Our model of computer architecture, revisited:
ALU = arithmetic/logic unit
MMU = memory management unit
HBA = host bus adapter
MCU = memory control unit
DC = disk controller
NIC = network interface controller
Think about
1) Your learning goals
2) Topics you are interested in
3) Your level of facility with C
4) Your level of commitment to the project
5) People you know you work well with (but also consider working with someone new)
Project proposal due Tuesday
1) find_track solution and reflection
2) BigInt solution and reflection. Were the tests adequate?
C and UNIX co-evolved, so they have many concepts in common.
In C/UNIX a "file" is really an abstraction that represents a stream of bytes. Those bytes might be coming from or going to a file or almost any other device. Or they can be piped from one process to another.

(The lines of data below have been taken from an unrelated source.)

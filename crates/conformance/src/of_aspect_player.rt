use aspect_player::{Aspect, PlayFault, Player, push_header, push_row, safety_law, write_rows};
use junction_files::read;
use plan_model::FittedPlan;
use samples::plans::fitted;
use samples::{PAIR, RING};
use sig_base::MemorySink;
use std::process::Abort;
use std::test::Fail;

const R: Aspect = Aspect::Red;

const Y: Aspect = Aspect::RedAmber;

const G: Aspect = Aspect::Green;

const A: Aspect = Aspect::Amber;

/// Looks at what each group shows.
fn look(rt: &impl Abort, player: &Player, aspects: &[Aspect]) {
    player.plan().junction().rules();
    let groups = player.plan().junction().groups().len();
    assert_eq!(rt; aspects.len(), groups);
    for group in 0..groups {
        assert_eq!(rt;
            player.aspect(group),
            aspects[group],
            "second {}",
            player.second()
        );
    }
}

/// Goes on second by second, and looks at the rows of these seconds.
fn plays(rt: &impl Abort, plan: &FittedPlan, rows: &[(u64, &[Aspect])]) {
    let mut player = Player::new(plan);
    for _second in 0..200 {
        for (second, aspects) in rows {
            if player.second() == *second {
                look(rt, &player, aspects);
            }
        }
        assert!(rt; player.second() < 1000);
        player.tick();
    }
}

/// Cycle 39, greens of 10 from 0, 13 and 26 on, ambers and red-ambers of 2 seconds. The last group's
/// green ends at 36, and its amber at 38, when the first group's red-amber is half over.
const RING_ROWS: [(u64, &[Aspect]); 11] = [
    (0, &[G, R, R]),
    (9, &[G, R, R]),
    (10, &[A, R, R]),
    (11, &[A, Y, R]),
    (13, &[R, G, R]),
    (36, &[R, R, A]),
    (37, &[Y, R, A]),
    (38, &[Y, R, R]),
    (39, &[G, R, R]),
    (50, &[A, Y, R]),
    (117, &[G, R, R]),
];

#[test]
fn rows_of_three_groups(rt: HostRuntime) -> Result<(), Fail> {
    safety_law();
    let junction = read(rt.alloc(), RING.as_bytes())?;
    let plan = fitted(&junction, 39, &[0, 13, 26], &[10, 10, 10])?;
    plays(&rt, &plan, &RING_ROWS);
    Ok(())
}

/// Cycle 60. A is green from 40 to 4, past the cycle's end, and B from 10 to 34; then come 3 seconds of
/// amber, and before it 2 of red-amber.
const GREEN_WRAPS: [(u64, &[Aspect]); 12] = [
    (0, &[G, R]),
    (4, &[G, R]),
    (5, &[A, R]),
    (7, &[A, R]),
    (8, &[R, Y]),
    (10, &[R, G]),
    (34, &[R, G]),
    (35, &[R, A]),
    (38, &[Y, R]),
    (59, &[G, R]),
    (60, &[G, R]),
    (65, &[A, R]),
];

/// A's green ends with second 58, so its amber goes on to second 1; B's red-amber is at 2 and 3.
const AMBER_WRAPS: [(u64, &[Aspect]); 7] = [
    (0, &[A, R]),
    (1, &[A, R]),
    (2, &[R, Y]),
    (4, &[R, G]),
    (58, &[G, R]),
    (59, &[A, R]),
    (60, &[A, R]),
];

#[test]
fn rows_past_the_end_of_the_cycle(rt: HostRuntime) -> Result<(), Fail> {
    let junction = read(rt.alloc(), PAIR.as_bytes())?;
    let green = fitted(&junction, 60, &[40, 10], &[25, 25])?;
    plays(&rt, &green, &GREEN_WRAPS);
    let amber = fitted(&junction, 60, &[34, 4], &[25, 25])?;
    plays(&rt, &amber, &AMBER_WRAPS);
    Ok(())
}

/// The line with this number of a text, from 0 on.
fn line_at(text: &str, number: usize) -> Option<&str> {
    text.split('\n').nth(number)
}

/// The lines of a text of the ring's 40 seconds: the header, and the seconds 0, 11, 38 and 39.
const RING_LINES: [(usize, &str); 6] = [
    (0, "second,A,B,C"),
    (1, "0,green,red,red"),
    (12, "11,amber,red_amber,red"),
    (39, "38,red_amber,red,red"),
    (40, "39,green,red,red"),
    (41, ""),
];

#[test]
fn texts(rt: HostRuntime) -> Result<(), Fail> {
    let alloc = rt.alloc();
    let junction = read(alloc, RING.as_bytes())?;
    let plan = fitted(&junction, 39, &[0, 13, 26], &[10, 10, 10])?;
    let mut sink = MemorySink::new(alloc);
    let mut player = Player::new(&plan);
    assert_eq!(rt; write_rows(alloc, &mut player, 40, &mut sink), Ok(()));
    assert_eq!(rt; player.second(), 40);
    let text = str::from_utf8(sink.bytes())?;
    for (number, want) in RING_LINES {
        assert_eq!(rt; line_at(text, number), Some(want));
    }
    assert_eq!(rt; line_at(text, 42), None);
    Ok(())
}

#[test]
fn no_seconds_are_the_header_alone(rt: HostRuntime) -> Result<(), Fail> {
    let alloc = rt.alloc();
    let junction = read(alloc, RING.as_bytes())?;
    let plan = fitted(&junction, 39, &[0, 13, 26], &[10, 10, 10])?;
    let mut sink = MemorySink::new(alloc);
    let mut player = Player::new(&plan);
    assert_eq!(rt; write_rows(alloc, &mut player, 0, &mut sink), Ok(()));
    assert_eq!(rt; sink.bytes(), "second,A,B,C\n".as_bytes());
    Ok(())
}

/// The third push, that of second 1, fails after 2 bytes.
#[test]
fn a_push_that_fails(rt: HostRuntime) -> Result<(), Fail> {
    let alloc = rt.alloc();
    let junction = read(alloc, RING.as_bytes())?;
    let plan = fitted(&junction, 39, &[0, 13, 26], &[10, 10, 10])?;
    let mut sink = MemorySink::new(alloc);
    sink.fail_at(3, 2)?;
    let mut player = Player::new(&plan);
    assert_eq!(rt;
        write_rows(alloc, &mut player, 40, &mut sink),
        Err(PlayFault::Sink)
    );
    assert_eq!(rt; player.second(), 1);
    assert_eq!(rt;
        sink.bytes(),
        "second,A,B,C\n0,green,red,red\n1,".as_bytes()
    );
    Ok(())
}

#[test]
fn lines(rt: HostRuntime) -> Result<(), Fail> {
    let alloc = rt.alloc();
    let junction = read(alloc, PAIR.as_bytes())?;
    let mut sink = MemorySink::new(alloc);
    assert_eq!(rt; push_header(alloc, &junction, &mut sink), Ok(()));
    assert_eq!(rt; push_row(alloc, u64::MAX, &[R, Y, G, A], &mut sink), Ok(()));
    let want = "second,A,B\n18446744073709551615,red,red_amber,green,amber\n";
    assert_eq!(rt; sink.bytes(), want.as_bytes());
    Ok(())
}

These streams are referenced by "file descriptors", which are integer indices into the file descriptor table.
Each process has its own FDT, initialized with three entries, stdin, stdout, and stderr.
Read more here: https://en.wikipedia.org/wiki/File_descriptor
As a programmer, you should write as if you don't know where these streams are really coming from or going. They get wired up when the process starts.
If you want explicit control of where the data comes from and goes, you can open files with fopen().
The result is a "file pointer" (type FILE *), which is a structure that contains info about the open file, including the file descriptor.
If you open the same file twice, you get two different file pointers, which contain two different file descriptors, which can be at different locations in the file.
So "file pointer" is to "file" as "process" is to "program".
How to think like a tool
Small tools like the ones in this chapter are a big part of what makes programming in a Unix command line environment so powerful. Consider a simple challenge, like building a histogram of common words in a file:
$ cat song.txt | tr ' ' '\n' | tr [a-z] [A-Z] | sort | uniq -c | sort -nr | head -n 10
27 YOU
26 GONNA
24 NEVER
12 AND
7 TELL
6 TO
6 SAY
6 MAKE
5 KNOW
5 A
Is this the most elegant solution possible, or the one I would deploy to handle 10,000 queries/sec? Nope.
Does it prove the concept, work well enough for most cases, and take 45 seconds to write? You betcha. Sometimes the fastest programs to write are those you don't write at all.
As you progress in the software world, keep learning these little tools. They come in handy for your scripts, and they're good models as you write your own building block programs. A few tips:
Text in, text out. Operate on one line at a time if you can.
Don't clutter stdout with messages, to allow chaining tools together. Add a verbose option if you need it.
Do one thing well. Decomposing your problem into simple tools is a lot like breaking your program into smart functions.
This isn't just for C. You can write small tools that behave this way in any language (Python sys.argc/argv anyone?)